EXTRACTED RECORDS:
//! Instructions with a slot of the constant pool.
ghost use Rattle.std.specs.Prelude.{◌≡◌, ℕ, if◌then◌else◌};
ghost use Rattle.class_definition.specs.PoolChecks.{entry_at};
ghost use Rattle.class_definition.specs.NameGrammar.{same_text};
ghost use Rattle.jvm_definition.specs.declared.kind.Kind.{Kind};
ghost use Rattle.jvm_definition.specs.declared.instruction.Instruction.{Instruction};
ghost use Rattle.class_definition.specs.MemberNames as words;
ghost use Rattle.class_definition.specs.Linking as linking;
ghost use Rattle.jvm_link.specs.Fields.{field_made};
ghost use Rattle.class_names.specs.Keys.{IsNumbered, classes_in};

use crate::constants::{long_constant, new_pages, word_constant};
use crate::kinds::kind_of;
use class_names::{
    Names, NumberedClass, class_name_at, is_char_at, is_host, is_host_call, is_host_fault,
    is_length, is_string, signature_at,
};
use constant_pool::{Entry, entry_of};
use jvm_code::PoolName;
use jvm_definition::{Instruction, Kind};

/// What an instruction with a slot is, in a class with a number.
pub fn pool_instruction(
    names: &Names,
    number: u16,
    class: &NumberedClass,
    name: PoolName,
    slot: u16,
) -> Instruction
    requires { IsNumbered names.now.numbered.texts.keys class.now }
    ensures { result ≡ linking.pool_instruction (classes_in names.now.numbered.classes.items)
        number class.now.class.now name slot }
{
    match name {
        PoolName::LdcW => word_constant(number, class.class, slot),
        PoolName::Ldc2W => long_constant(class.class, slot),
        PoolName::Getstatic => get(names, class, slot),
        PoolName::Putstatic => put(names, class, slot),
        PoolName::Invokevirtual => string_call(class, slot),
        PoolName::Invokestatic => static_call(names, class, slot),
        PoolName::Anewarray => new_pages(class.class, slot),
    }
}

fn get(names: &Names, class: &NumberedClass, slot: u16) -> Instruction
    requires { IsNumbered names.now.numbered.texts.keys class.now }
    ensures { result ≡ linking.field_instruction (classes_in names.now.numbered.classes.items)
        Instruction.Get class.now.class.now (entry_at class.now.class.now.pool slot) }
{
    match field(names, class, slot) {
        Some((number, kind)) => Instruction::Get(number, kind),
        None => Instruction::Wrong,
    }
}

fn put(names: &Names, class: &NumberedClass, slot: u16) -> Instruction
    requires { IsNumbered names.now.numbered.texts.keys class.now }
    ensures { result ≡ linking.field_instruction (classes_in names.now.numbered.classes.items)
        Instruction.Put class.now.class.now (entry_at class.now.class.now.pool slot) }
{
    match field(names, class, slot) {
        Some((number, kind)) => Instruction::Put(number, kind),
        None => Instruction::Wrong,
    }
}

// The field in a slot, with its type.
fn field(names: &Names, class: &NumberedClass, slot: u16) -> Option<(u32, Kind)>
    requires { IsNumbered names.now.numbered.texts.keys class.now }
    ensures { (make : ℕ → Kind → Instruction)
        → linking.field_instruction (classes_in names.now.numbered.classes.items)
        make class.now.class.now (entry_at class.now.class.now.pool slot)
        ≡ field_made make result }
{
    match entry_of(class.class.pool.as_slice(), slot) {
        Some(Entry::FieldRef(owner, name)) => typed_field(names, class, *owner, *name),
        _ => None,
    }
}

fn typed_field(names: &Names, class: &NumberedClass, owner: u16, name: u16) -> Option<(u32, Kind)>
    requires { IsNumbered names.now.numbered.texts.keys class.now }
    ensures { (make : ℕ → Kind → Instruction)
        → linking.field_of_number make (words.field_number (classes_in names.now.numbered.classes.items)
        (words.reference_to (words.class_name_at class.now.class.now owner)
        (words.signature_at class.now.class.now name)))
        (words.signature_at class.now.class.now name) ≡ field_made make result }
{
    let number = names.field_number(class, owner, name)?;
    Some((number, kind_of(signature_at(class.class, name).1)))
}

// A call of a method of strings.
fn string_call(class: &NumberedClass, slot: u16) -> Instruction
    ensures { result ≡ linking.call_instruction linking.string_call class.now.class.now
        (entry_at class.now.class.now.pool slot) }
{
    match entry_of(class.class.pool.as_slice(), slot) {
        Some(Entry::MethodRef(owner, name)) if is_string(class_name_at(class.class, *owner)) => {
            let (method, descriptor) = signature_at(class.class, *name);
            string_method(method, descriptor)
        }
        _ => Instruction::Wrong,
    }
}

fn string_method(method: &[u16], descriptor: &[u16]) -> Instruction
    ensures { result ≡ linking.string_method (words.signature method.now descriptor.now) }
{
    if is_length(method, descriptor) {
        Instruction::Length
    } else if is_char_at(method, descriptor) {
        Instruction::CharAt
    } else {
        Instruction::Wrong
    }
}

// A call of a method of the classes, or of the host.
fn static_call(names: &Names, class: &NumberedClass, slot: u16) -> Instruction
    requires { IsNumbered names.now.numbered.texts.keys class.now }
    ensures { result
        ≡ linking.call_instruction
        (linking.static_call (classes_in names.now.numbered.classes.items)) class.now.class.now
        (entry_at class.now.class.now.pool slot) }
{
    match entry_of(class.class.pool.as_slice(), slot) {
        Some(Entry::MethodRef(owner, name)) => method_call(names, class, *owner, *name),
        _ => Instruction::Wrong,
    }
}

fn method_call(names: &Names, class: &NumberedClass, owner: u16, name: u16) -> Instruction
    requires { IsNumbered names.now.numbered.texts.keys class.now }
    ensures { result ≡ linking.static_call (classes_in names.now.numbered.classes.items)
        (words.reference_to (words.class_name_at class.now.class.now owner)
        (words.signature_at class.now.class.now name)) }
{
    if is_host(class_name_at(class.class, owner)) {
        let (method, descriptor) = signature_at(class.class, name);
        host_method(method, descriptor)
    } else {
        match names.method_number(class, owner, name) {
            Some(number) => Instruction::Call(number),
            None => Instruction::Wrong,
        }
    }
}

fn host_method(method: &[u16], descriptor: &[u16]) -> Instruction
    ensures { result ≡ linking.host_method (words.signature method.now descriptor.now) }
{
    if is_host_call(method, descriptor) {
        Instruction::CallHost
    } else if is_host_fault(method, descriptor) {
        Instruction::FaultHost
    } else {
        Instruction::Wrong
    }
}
==
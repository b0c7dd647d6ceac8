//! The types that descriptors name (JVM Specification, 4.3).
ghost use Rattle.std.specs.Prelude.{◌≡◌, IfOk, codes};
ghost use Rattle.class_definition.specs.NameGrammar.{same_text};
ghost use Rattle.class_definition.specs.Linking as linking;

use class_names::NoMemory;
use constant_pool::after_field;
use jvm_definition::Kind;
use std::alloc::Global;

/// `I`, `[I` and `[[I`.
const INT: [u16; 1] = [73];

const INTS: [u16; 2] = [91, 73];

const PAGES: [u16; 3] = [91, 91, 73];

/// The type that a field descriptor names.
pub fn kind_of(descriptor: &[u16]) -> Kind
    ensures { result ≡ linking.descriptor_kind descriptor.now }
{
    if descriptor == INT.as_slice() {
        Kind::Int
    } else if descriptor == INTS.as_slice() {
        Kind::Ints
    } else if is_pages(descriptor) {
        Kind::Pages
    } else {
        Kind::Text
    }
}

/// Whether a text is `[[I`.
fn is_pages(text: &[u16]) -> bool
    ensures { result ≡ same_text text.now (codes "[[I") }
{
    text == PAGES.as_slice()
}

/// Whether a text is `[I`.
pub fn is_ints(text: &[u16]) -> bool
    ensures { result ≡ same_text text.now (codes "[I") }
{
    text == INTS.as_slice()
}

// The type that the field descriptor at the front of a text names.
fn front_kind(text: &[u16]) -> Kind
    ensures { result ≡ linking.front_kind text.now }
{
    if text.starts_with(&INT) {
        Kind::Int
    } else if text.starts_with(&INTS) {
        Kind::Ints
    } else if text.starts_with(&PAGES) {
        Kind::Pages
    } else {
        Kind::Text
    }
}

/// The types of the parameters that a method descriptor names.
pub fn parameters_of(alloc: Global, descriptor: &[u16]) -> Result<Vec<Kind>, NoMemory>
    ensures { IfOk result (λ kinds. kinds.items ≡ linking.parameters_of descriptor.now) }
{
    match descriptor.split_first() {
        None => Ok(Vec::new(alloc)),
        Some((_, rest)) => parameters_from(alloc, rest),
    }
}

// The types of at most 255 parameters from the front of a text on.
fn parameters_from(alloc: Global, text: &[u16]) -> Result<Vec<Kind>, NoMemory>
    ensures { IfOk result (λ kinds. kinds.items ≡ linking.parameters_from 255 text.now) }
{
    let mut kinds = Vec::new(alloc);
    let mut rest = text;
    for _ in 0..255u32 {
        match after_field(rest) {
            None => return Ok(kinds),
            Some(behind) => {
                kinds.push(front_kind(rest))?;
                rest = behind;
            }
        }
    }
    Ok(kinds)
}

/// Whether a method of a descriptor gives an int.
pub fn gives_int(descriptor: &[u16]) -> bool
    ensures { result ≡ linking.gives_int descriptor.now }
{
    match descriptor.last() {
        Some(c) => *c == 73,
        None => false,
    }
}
...
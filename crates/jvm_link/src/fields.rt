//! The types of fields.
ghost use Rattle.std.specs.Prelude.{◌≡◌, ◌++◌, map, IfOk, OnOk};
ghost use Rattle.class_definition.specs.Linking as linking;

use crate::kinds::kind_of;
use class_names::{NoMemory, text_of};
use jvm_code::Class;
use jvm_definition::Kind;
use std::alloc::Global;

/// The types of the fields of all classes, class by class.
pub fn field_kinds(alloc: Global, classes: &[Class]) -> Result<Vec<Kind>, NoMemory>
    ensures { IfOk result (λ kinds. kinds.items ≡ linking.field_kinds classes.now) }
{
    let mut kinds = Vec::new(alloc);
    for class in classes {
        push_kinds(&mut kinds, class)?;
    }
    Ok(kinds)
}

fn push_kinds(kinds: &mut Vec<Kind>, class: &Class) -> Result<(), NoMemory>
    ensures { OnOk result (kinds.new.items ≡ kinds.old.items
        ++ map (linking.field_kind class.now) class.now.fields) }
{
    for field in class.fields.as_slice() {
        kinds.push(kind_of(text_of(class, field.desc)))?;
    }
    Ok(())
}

DIRECTIONS: Among the entries, how many lines hold the string "match"? Answer with a bare number.

SOLUTION FOR THIS PROBLEM: 10